6. The Ghost Ship Eurydice
The frigate HMS Eurydice traveled as far as the West Indies before taking on seagoing service in the UK. On a wintry night in 1878, the Eurydice had just crossed the Atlantic when it was caught in a heavy storm and capsized. By the time it sank, all but two of the 366-man crew had perished, including Captain Marcus Augustus Stanley Hare who had gone down praying for his crew members. The incident remains one of Britain’s worst peace-time naval disasters and was blamed upon unstable design. However, the ship was far from gone, starting with a vision of its sinking by a guest of the Bishop of Ripon beforehand. Later, the Eurydice’s spectre would regularly appear to sailors off the Isle of Wight, with a submarine even taking evasive action upon spotting it in the 1930s.
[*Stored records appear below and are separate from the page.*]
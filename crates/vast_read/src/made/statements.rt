//! Statements.
#![tactic(auto, unfolding(vast_rows::specs::Built::make, vast_rows::specs::Built::of_one, vast_rows::specs::Built::of_two, vast_rows::specs::Built::of_three, vast_rows::specs::Built::of_four))]

ghost use Rattle.std.specs.Prelude.{◌≡◌, ◌∷◌, IfOk, option_map, map};
ghost use Rattle.vast_rows.specs.Built.{alternated, assigned, make};
ghost use Rattle.vast_rows.specs.declared.action.Action.TheVariants as action;
ghost use Rattle.vast_read.specs.Internal.Made.{Grown, arms_denoted, denoted, value_view};
ghost use Rattle.vast_read.specs.Internal.StatementView.{arm_view};
ghost use Rattle.vast_read.specs.StatementParts.{arms_of};
ghost use Rattle.vast_read.specs.StatementView.{block_view};
ghost use Rattle.vast_read.specs.View.{view};

use crate::children::Children;
use crate::macros::wanted;
use crate::made::part::first;
use crate::made::value::{Alternatives, Range, Value, Values};
use crate::tree::words::key_word;
use crate::tree::{Arm, CaseArm, NormalExpr, NormalStatement};
use std::alloc::{AllocError, Global};
use vast_literal::Key;
use vast_names::Word;

/// A statement of its left side and what follows that.
#[tactic(auto, unfolding(vast_rows::specs::Built::assigned, vast_rows::specs::Built::make, vast_rows::specs::Built::of_one))]
pub(crate) fn assigns(values: &mut Values<'_>) -> Result<(), AllocError>
    ensures { IfOk result (λ _. Grown (make action.Assigns (denoted values.old)) values.new) }
{
    let left = wanted!(first::<Box<NormalExpr>>(values));
    match values.pop() {
        None => Ok(()),
        Some(value) => assigned(left, value, values),
    }
}

/// The statement of what stands before this value: a call before nothing, or the left side of an assignment before
/// whether that blocks, and its right side.
#[tactic(auto, unfolding(vast_literal::specs::FileGrammar::assignment, vast_rows::specs::Built::assigned, vast_rows::specs::Built::of_one))]
fn assigned<'t>(
    left: Box<NormalExpr>,
    value: Value<'t>,
    values: &mut Values<'t>,
) -> Result<(), AllocError>
    ensures { IfOk result (λ _. Grown (assigned (view left.value)
        (value_view value.entry ∷ denoted values.old)) values.new) }
{
    match value {
        Value::Nothing => values.push(Value::Statement(NormalStatement::Task(left))),
        Value::Answer(blocks) => {
            let right = wanted!(first::<Box<NormalExpr>>(values));
            let made = if blocks {
                NormalStatement::Blocking(left, right)
            } else {
                NormalStatement::Nonblocking(left, right)
            };
            values.push(Value::Statement(made))
        }
        other => {
            drop(other);
            Ok(())
        }
    }
}

/// An assignment by its word, of its sides.
pub(crate) fn assigns_by_word(values: &mut Values<'_>) -> Result<(), AllocError>
    ensures { IfOk result (λ _. Grown (make action.AssignsByWord (denoted values.old)) values.new) }
{
    let left = wanted!(first::<Box<NormalExpr>>(values));
    let right = wanted!(first::<Box<NormalExpr>>(values));
    values.push(Value::Statement(NormalStatement::Assign(left, right)))
}

impl Alternatives {
    /// All arms, the first of them first, and the block of the last `else`.
    #[tactic(auto, using(crate::proofs::Making::arms))]
    pub(crate) fn in_order(
        self,
    ) -> Result<(Children<Arm>, Option<Children<NormalStatement>>), AllocError>
        ensures { IfOk result (λ r. arms_of (map arm_view r.0) (option_map block_view r.1)
            ≡ arms_denoted self) }
    {
        let Alternatives {
            innermost,
            before,
            last,
        } = self;
        let mut arms = before.reversed();
        arms.push(innermost)?;
        Ok((arms, last))
    }
}

/// A statement of the arms of a conditional.
pub(crate) fn chooses(values: &mut Values<'_>) -> Result<(), AllocError>
    ensures { IfOk result (λ _. Grown (make action.Chooses (denoted values.old)) values.new) }
{
    let alternatives = wanted!(first::<Alternatives>(values));
    let (arms, last) = alternatives.in_order()?;
    values.push(Value::Statement(NormalStatement::Choice(arms, last)))
}

/// A loop of its head and its statements.
pub(crate) fn repeats(alloc: Global, values: &mut Values<'_>) -> Result<(), AllocError>
    ensures { IfOk result (λ _. Grown (make action.Repeats (denoted values.old)) values.new) }
{
    let range = wanted!(first::<Range<'_>>(values));
    let block = wanted!(first::<Children<NormalStatement>>(values));
    let index = Word::new(alloc, range.variable)?;
    let made = NormalStatement::For(index, range.start, range.end, block.reversed());
    values.push(Value::Statement(made))
}

/// The case that follows, which is unique.
pub(crate) fn unique_case(values: &mut Values<'_>) -> Result<(), AllocError>
    ensures { IfOk result (λ _. Grown (make action.UniqueCase (denoted values.old)) values.new) }
{
    let statement = wanted!(first::<NormalStatement>(values));
    values.push(Value::Statement(statement.into_unique()))
}

/// A case by that word, of its selector and arms.
pub(crate) fn case_of(alloc: Global, key: Key, values: &mut Values<'_>) -> Result<(), AllocError>
    ensures { IfOk result (λ _. Grown (make (action.CaseOf key) (denoted values.old)) values.new) }
{
    let selector = wanted!(first::<Box<NormalExpr>>(values));
    let arms = wanted!(first::<Children<CaseArm>>(values));
    let made = NormalStatement::Case(false, key_word(alloc, key)?, selector, arms.reversed());
    values.push(Value::Statement(made))
}

/// The arms of a conditional, of its condition, its block and what follows that.
#[tactic(auto, unfolding(vast_rows::specs::Built::alternated, vast_rows::specs::Built::make, vast_rows::specs::Built::of_one, vast_rows::specs::Built::of_two, vast_rows::specs::Built::of_three, vast_rows::specs::Built::of_four))]
pub(crate) fn conditional(alloc: Global, values: &mut Values<'_>) -> Result<(), AllocError>
    ensures { IfOk result (λ _. Grown (make action.Conditional (denoted values.old)) values.new) }
{
    let condition = wanted!(first::<Box<NormalExpr>>(values));
    let block = wanted!(first::<Children<NormalStatement>>(values));
    let arm = Arm {
        condition,
        block: block.reversed(),
    };
    match values.pop() {
        None => Ok(()),
        Some(value) => alternated(alloc, arm, value, values),
    }
}

/// This arm before what follows it: nothing, the block of an `else`, or other arms.
#[tactic(auto, using(crate::proofs::Making::arms), unfolding(vast_rows::specs::Built::alternated))]
fn alternated<'t>(
    alloc: Global,
    arm: Arm,
    value: Value<'t>,
    values: &mut Values<'t>,
) -> Result<(), AllocError>
    ensures { IfOk result (λ _. Grown (alternated (arm_view arm).0 (arm_view arm).1
        (value_view value.entry ∷ denoted values.old)) values.new) }
{
    match value {
        Value::Nothing => values.push(Value::Arms(Alternatives {
            innermost: arm,
            before: Children::new(alloc),
            last: None,
        })),
        Value::Statements(last) => values.push(Value::Arms(Alternatives {
            innermost: arm,
            before: Children::new(alloc),
            last: Some(last.reversed()),
        })),
        Value::Arms(mut others) => {
            others.before.push(arm)?;
            values.push(Value::Arms(others))
        }
        other => {
            drop(other);
            Ok(())
        }
    }
}

/// An arm of a case of its label and block, before others.
#[tactic(auto, using(crate::proofs::Making::lists), unfolding(vast_rows::specs::Built::make, vast_rows::specs::Built::of_one, vast_rows::specs::Built::of_two, vast_rows::specs::Built::of_three, vast_rows::specs::Built::of_four))]
pub(crate) fn arm(values: &mut Values<'_>) -> Result<(), AllocError>
    ensures { IfOk result (λ _. Grown (make action.Arm (denoted values.old)) values.new) }
{
    let label = wanted!(first::<Box<NormalExpr>>(values));
    let block = wanted!(first::<Children<NormalStatement>>(values));
    let mut arms = wanted!(first::<Children<CaseArm>>(values));
    arms.push(CaseArm {
        label: Some(label),
        block: block.reversed(),
    })?;
    values.push(Value::Labels(arms))
}

/// An arm of a case without a label, before others.
#[tactic(auto, using(crate::proofs::Making::lists), unfolding(vast_rows::specs::Built::make, vast_rows::specs::Built::of_one, vast_rows::specs::Built::of_two, vast_rows::specs::Built::of_three, vast_rows::specs::Built::of_four))]
pub(crate) fn default_arm(values: &mut Values<'_>) -> Result<(), AllocError>
    ensures { IfOk result (λ _. Grown (make action.DefaultArm (denoted values.old)) values.new) }
{
    let block = wanted!(first::<Children<NormalStatement>>(values));
    let mut arms = wanted!(first::<Children<CaseArm>>(values));
    arms.push(CaseArm {
        label: None,
        block: block.reversed(),
    })?;
    values.push(Value::Labels(arms))
}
Most famously, Prince Edward saw the ship while filming Crown and Country in 1998 -- only for it to disappear on the spot of its
7. The Ancient Ram Inn
This historical inn in Wotton-under-Edge, Gloucestershire is England’s most haunted bed-and-breakfast, with 20 ghosts at the last estimate. The current owners of the Ancient Ram Inn were subject to spectral attacks as soon as they moved into the former pub. Upon investigation, they discovered that this Cotswolds cottage had been built upon a pagan burial ground in 1145. During a renovation, they even found daggers and small bones and theorized that it had been the site of child sacrifice. Among the ghosts at the Ancient Ram Inn are a wandering, murdered girl named Rose, a regal high priestess, and a randy male sex demon. Despite some guests fleeing into the night after hearing children’s screams or seeing floating furniture, the inn is currently inundated with ghost hunters and horror writers. Even the world’s oldest paranormal research organization, The Ghost Club, visited in 2003, though they failed to produce evidence of the hauntings.
8. The Tulip Staircase
Historically, the Queen’s House section of the National Maritime Museum in Greenwich has seen its fair share of hauntings, from a woman gliding through walls to unexplained choral chanting. However, few had captured clear evidence of this 4,000-year-old structure’s ghosts until retired Reverend Ralph Hardy of White Rock, British Columbia took a picture of a shrouded figure on the Tulip Staircase in 1966. Legends told of a maid who died after being thrown from the highest banister and regularly appeared to visitors as a pale figure mopping blood at the base of the staircase. Convinced that he had captured a ghost, Hardy sent the photograph to a London ghost club, who arrived a year later to hold a séance. The notes from that event provide some sense of the disturbing events that occurred that night–with a bell ringing and a luminous stone appearing before the handwriting became indecipherable. To this day, visitors and staff alike regularly report ghostly sightings.